Repeat the whole listing exactly as it appears.

[Start of Attachment]

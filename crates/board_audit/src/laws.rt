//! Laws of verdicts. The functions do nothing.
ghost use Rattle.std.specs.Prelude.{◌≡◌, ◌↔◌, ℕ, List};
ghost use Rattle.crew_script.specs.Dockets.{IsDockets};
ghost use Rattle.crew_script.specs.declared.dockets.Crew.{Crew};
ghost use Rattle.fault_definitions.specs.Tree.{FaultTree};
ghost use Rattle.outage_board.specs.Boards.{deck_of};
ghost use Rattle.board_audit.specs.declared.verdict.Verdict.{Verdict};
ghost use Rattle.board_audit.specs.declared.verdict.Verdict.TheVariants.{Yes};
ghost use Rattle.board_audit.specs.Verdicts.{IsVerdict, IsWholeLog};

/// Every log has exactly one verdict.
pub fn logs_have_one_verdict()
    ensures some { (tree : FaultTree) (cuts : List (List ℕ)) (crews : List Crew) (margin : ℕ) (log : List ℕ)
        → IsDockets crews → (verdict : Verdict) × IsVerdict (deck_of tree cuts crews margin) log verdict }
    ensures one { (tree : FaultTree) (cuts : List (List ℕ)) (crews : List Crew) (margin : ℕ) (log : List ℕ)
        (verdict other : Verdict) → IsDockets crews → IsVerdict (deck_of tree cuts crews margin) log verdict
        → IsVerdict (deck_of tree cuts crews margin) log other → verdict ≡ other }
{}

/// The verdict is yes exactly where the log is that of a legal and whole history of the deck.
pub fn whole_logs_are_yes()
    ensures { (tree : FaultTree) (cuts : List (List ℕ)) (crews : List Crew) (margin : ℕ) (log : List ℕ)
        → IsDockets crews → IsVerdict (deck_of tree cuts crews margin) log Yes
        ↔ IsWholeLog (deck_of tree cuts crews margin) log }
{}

[End of Attachment]

**Your solution**
filename crates/board_audit/src/laws.rt
//! Laws of verdicts. The functions do nothing.
ghost use Rattle.std.specs.Prelude.{◌≡◌, ◌↔◌, ℕ, List};
ghost use Rattle.crew_script.specs.Dockets.{IsDockets};
ghost use Rattle.crew_script.specs.declared.dockets.Crew.{Crew};
ghost use Rattle.fault_definitions.specs.Tree.{FaultTree};
ghost use Rattle.outage_board.specs.Boards.{deck_of};
ghost use Rattle.board_audit.specs.declared.verdict.Verdict.{Verdict};
ghost use Rattle.board_audit.specs.declared.verdict.Verdict.TheVariants.{Yes};
ghost use Rattle.board_audit.specs.Verdicts.{IsVerdict, IsWholeLog};

/// Every log has exactly one verdict.
pub fn logs_have_one_verdict()
    ensures some { (tree : FaultTree) (cuts : List (List ℕ)) (crews : List Crew) (margin : ℕ) (log : List ℕ)
        → IsDockets crews → (verdict : Verdict) × IsVerdict (deck_of tree cuts crews margin) log verdict }
    ensures one { (tree : FaultTree) (cuts : List (List ℕ)) (crews : List Crew) (margin : ℕ) (log : List ℕ)
        (verdict other : Verdict) → IsDockets crews → IsVerdict (deck_of tree cuts crews margin) log verdict
        → IsVerdict (deck_of tree cuts crews margin) log other → verdict ≡ other }
{}

/// The verdict is yes exactly where the log is that of a legal and whole history of the deck.
pub fn whole_logs_are_yes()
    ensures { (tree : FaultTree) (cuts : List (List ℕ)) (crews : List Crew) (margin : ℕ) (log : List ℕ)
        → IsDockets crews → IsVerdict (deck_of tree cuts crews margin) log Yes
        ↔ IsWholeLog (deck_of tree cuts crews margin) log }
{}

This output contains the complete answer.